Anti-Prag.:—The other horn is this, that if you elect to say that there is no truth under the conditions assumed, because there are no ideas or workings, then you fly in the face of common sense. Doesn't common sense believe that every state of facts must in the nature of things be truly statable in some kind of a proposition, even tho in point of fact the proposition should never be propounded by a living soul?
Prag.:—Unquestionably common sense believes this, and so do I. There have been innumerable events in the history of our planet of which nobody ever has been or ever will be able to give an account, yet of which it can already be said abstractly that only one sort of possible account can ever be true. The truth about any such event is thus already generically predetermined by the event's nature; and one may accordingly say with a perfectly good conscience that it virtually pre-exists. Common sense is thus right in its instinctive contention.
Anti-Prag.:—Is this then the horn of the dilemma which you stand for? Do you say that there is a truth even in cases where it shall never be known?
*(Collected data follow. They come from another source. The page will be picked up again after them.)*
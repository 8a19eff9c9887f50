//! The command `history`: what it says.
ghost use Rattle.std.specs.Prelude.{◌≡◌};
ghost use Rattle.next_folder.specs.Spared.{Spares};

use crate::history_notes::put_rolled;
use crate::runner::say;
use crate::status::DeskStatus;
use duty_calendar::Memory;
use file_places::Prose;
use folder_answers::{explain, input_answer, rule_answer, tell_answer, unread_answer};
use line_legality::{RosterFault, illegal_numbers};
use month_files::{BadInput, File, Unwritten, WriteStop};
use next_folder::{Barrier, HistoryStop, roll_over};
use next_month::HeirFault;
use printed_lines::Answer;
use shelf::{Shelf, Sink};
use std::alloc::Global;

/// Appends what an answer says of the files of a shelf, where there is one.
fn say_answer<S: Shelf>(
    alloc: Global,
    shelf: &mut S,
    prose: &mut Prose,
    answer: Option<Answer<'_>>,
) -> Result<DeskStatus, Memory>
    ensures kept { S.holds shelf.new ≡ S.holds shelf.old }
{
    let Some(answer) = answer else {
        return Err(Memory::NoMemory);
    };
    tell_answer(alloc, shelf, prose, &answer)?;
    Ok(DeskStatus::Faulty)
}

/// Appends a line that `pbs` prints too, and what it says.
fn say_line<S: Shelf>(
    alloc: Global,
    shelf: &mut S,
    prose: &mut Prose,
    line: &Prose,
) -> Result<DeskStatus, Memory>
    ensures kept { S.holds shelf.new ≡ S.holds shelf.old }
{
    prose.add(line)?;
    prose.say(b"\n")?;
    explain(alloc, shelf, prose, line.as_slice())?;
    Ok(DeskStatus::Faulty)
}

/// Words and numbers behind them.
fn numbered(alloc: Global, words: &'static [u8], numbers: &[u64]) -> Result<Prose, Memory> {
    let mut line = Prose::new(alloc);
    line.say(words)?;
    for number in numbers {
        line.say(b" ")?;
        line.number(*number)?;
    }
    Ok(line)
}

/// The line of a roster that is not complete.
fn shortfall_line(alloc: Global, why: RosterFault) -> Result<Prose, Memory> {
    match why {
        RosterFault::NoMemory => Err(Memory::NoMemory),
        RosterFault::Line(member, illegal) => {
            let [code, place] = illegal_numbers(illegal);
            numbered(
                alloc,
                b"no",
                &[1, u64::from(member).saturating_add(1), code, place],
            )
        }
        RosterFault::Cover(pairing, count) => numbered(
            alloc,
            b"no",
            &[2, u64::from(pairing).saturating_add(1), u64::from(count)],
        ),
    }
}

/// Appends which line of the crew a member has.
fn put_crew_line(prose: &mut Prose, member: u32) -> Result<DeskStatus, Memory> {
    prose.number(u64::from(member).saturating_add(2))?;
    prose.say(b" of the crew.csv of the next month\n")?;
    Ok(DeskStatus::Faulty)
}

/// Appends why members of the next month cannot be written.
fn say_heir(prose: &mut Prose, why: HeirFault) -> Result<DeskStatus, Memory> {
    match why {
        HeirFault::NoMemory => Err(Memory::NoMemory),
        HeirFault::Overlap(member) => {
            prose.say(b"two events that the next month needs share a minute: the pilot of line ")?;
            put_crew_line(prose, member)
        }
        HeirFault::LongHistory(member) => {
            prose.say(b"more than 500 events before the next month: the pilot of line ")?;
            put_crew_line(prose, member)
        }
        HeirFault::LongFixed(member) => {
            prose.say(b"more than 60 events go on into the next month: the pilot of line ")?;
            put_crew_line(prose, member)
        }
    }
}

/// Appends words, after which nothing is written.
fn refuse(prose: &mut Prose, words: &'static [u8]) -> Result<DeskStatus, Memory> {
    prose.say(words)?;
    Ok(DeskStatus::Faulty)
}

/// Appends which file of the next month this is said of.
fn say_file(
    prose: &mut Prose,
    file: File,
    words: &'static [u8],
    status: DeskStatus,
) -> Result<DeskStatus, Memory> {
    prose.text(file.name().as_bytes())?;
    prose.say(words)?;
    Ok(status)
}

/// Appends which file was not written.
fn say_unwritten(prose: &mut Prose, stop: &Unwritten) -> Result<DeskStatus, Memory> {
    match stop.why {
        WriteStop::NoMemory => Err(Memory::NoMemory),
        WriteStop::Fault => say_file(
            prose,
            stop.file,
            b" of the next month was not written: no permission, no room, or no such folder\n",
            DeskStatus::WriteFault,
        ),
    }
}

/// Appends what stands against it in this month.
fn say_own<S: Shelf>(
    alloc: Global,
    shelf: &mut S,
    prose: &mut Prose,
    why: &Barrier,
) -> Result<DeskStatus, Memory>
    ensures kept { S.holds shelf.new ≡ S.holds shelf.old }
{
    match why {
        Barrier::Unread(why) => say_answer(alloc, shelf, prose, unread_answer(*why)),
        Barrier::BadInput(BadInput::Fault(fault)) => {
            say_answer(alloc, shelf, prose, input_answer(fault))
        }
        Barrier::Roster(fault) => {
            let numbers = [u64::from(fault.row), u64::from(fault.code.code())];
            let line = numbered(alloc, b"no roster", &numbers)?;
            say_line(alloc, shelf, prose, &line)
        }
        Barrier::Incomplete(why) => {
            let line = shortfall_line(alloc, *why)?;
            say_line(alloc, shelf, prose, &line)
        }
        Barrier::LastMonth => refuse(prose, b"no month follows on December 2099\n"),
        _ => Err(Memory::NoMemory),
    }
}

/// Appends what stands against it.
fn say_barrier<S: Shelf>(
    alloc: Global,
    shelf: &mut S,
    next: &mut S,
    prose: &mut Prose,
    why: &Barrier,
) -> Result<DeskStatus, Memory>
    ensures kept { S.holds shelf.new ≡ S.holds shelf.old }
    ensures others { S.holds next.new ≡ S.holds next.old }
{
    match why {
        Barrier::NextUnread(why) => say_answer(alloc, next, prose, unread_answer(*why)),
        Barrier::NextRules(fault) => say_answer(alloc, next, prose, rule_answer(fault)),
        Barrier::NextMembers(fault) => say_answer(alloc, next, prose, Some(Answer::Row(*fault))),
        Barrier::OtherMonth => refuse(
            prose,
            b"the rules.toml of the next month is of another month than the one that follows\n",
        ),
        Barrier::IsThere => refuse(
            prose,
            b"history.csv of the next month is there already; with --force it is written over\n",
        ),
        Barrier::TooLong(file) => say_file(
            prose,
            *file,
            b" of the next month would be longer than 64 MiB\n",
            DeskStatus::Faulty,
        ),
        Barrier::Heir(why) => say_heir(prose, *why),
        _ => say_own(alloc, shelf, prose, why),
    }
}

/// Appends why the history was not written.
fn say_stop<S: Shelf>(
    alloc: Global,
    shelf: &mut S,
    next: &mut S,
    prose: &mut Prose,
    stop: &HistoryStop,
) -> Result<DeskStatus, Memory>
    ensures kept { S.holds shelf.new ≡ S.holds shelf.old }
    ensures others { S.holds next.new ≡ S.holds next.old }
{
    match stop {
        HistoryStop::Barred(why) => say_barrier(alloc, shelf, next, prose, why),
        HistoryStop::Unwritten(_, stop) => say_unwritten(prose, stop),
    }
}

/// Makes a month the past of the next one, and appends what was written or why nothing was.
#[tactic(auto, using(crate::proofs::Spared::spares_kept))]
fn say_history<S: Shelf>(
    alloc: Global,
    shelf: &mut S,
    next: &mut S,
    prose: &mut Prose,
    is_forced: bool,
) -> Result<DeskStatus, Memory>
    ensures kept { S.holds shelf.new ≡ S.holds shelf.old }
    ensures spared { Spares is_forced (S.holds next.old) (S.holds next.new) }
{
    match roll_over(alloc, shelf, next, is_forced) {
        Ok(rolled) => put_rolled(prose, &rolled),
        Err(stop) => say_stop(alloc, shelf, next, prose, &stop),
    }
}

/// Makes a month the past of the next one, in another folder, and says what was written or why nothing was. There it writes the
/// history, over another one only where `is_forced`, and rules, crew and fixed events that are not there.
pub fn run_history<S: Shelf, O: Sink>(
    alloc: Global,
    shelf: &mut S,
    next: &mut S,
    out: &mut O,
    is_forced: bool,
) -> DeskStatus
    ensures kept { S.holds shelf.new ≡ S.holds shelf.old }
    ensures spared { Spares is_forced (S.holds next.old) (S.holds next.new) }
{
    let mut prose = Prose::new(alloc);
    match say_history(alloc, shelf, next, &mut prose, is_forced) {
        Ok(status) => say(out, &prose, status),
        Err(Memory::NoMemory) => DeskStatus::NoMemory,
    }
}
Prag.:—Indeed I do, provided you let me hold consistently to my own conception of truth, and do not ask me to abandon it for something which I find impossible to comprehend.—You also believe, do you not, that there is a truth, even in cases where it never shall be known?
Anti-Prag.:—I do indeed believe so.
Prag.:—Pray then inform me in what, according to you, this truth regarding the unknown consists.
Anti-Prag.:—Consists?—pray what do you mean by 'consists'? It consists in nothing but itself, or more properly speaking it has neither consistence nor existence, it obtains, it holds.
Prag.:—Well, what relation does it bear to the reality of which it holds?
Anti-Prag.:-How do you mean, 'what relation'? It holds of it, of course; it knows it, it represents it.
Prag.:—Who knows it? What represents it?